*** Raw data Section Begins ***
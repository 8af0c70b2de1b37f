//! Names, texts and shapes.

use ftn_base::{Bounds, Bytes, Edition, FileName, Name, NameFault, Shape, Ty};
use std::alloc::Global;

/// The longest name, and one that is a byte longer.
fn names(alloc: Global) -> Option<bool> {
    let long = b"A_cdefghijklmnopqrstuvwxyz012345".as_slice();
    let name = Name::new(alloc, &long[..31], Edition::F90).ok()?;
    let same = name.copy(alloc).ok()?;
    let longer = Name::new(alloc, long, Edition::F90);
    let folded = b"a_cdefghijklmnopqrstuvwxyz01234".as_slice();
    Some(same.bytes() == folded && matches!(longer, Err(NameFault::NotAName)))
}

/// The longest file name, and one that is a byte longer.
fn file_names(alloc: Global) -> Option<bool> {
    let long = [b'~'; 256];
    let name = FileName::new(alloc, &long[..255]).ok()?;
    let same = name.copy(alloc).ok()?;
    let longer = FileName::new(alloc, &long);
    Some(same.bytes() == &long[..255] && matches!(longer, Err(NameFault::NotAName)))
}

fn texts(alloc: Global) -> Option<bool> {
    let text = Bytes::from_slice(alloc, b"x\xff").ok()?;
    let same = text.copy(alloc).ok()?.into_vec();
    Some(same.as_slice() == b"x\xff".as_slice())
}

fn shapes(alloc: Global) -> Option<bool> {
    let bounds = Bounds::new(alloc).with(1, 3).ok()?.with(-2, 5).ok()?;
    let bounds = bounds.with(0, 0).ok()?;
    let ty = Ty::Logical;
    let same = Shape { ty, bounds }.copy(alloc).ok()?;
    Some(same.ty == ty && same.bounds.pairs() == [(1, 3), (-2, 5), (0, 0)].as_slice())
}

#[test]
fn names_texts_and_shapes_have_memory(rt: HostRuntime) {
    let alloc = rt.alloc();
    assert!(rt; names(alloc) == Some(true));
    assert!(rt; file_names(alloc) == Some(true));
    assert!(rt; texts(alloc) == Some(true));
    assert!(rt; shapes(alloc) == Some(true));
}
*** Raw data Section Ends ***
▶ **Brief**:
Give the number of lines in this material that include the string "NotAName", with no other text.

▶ **Result below**:
2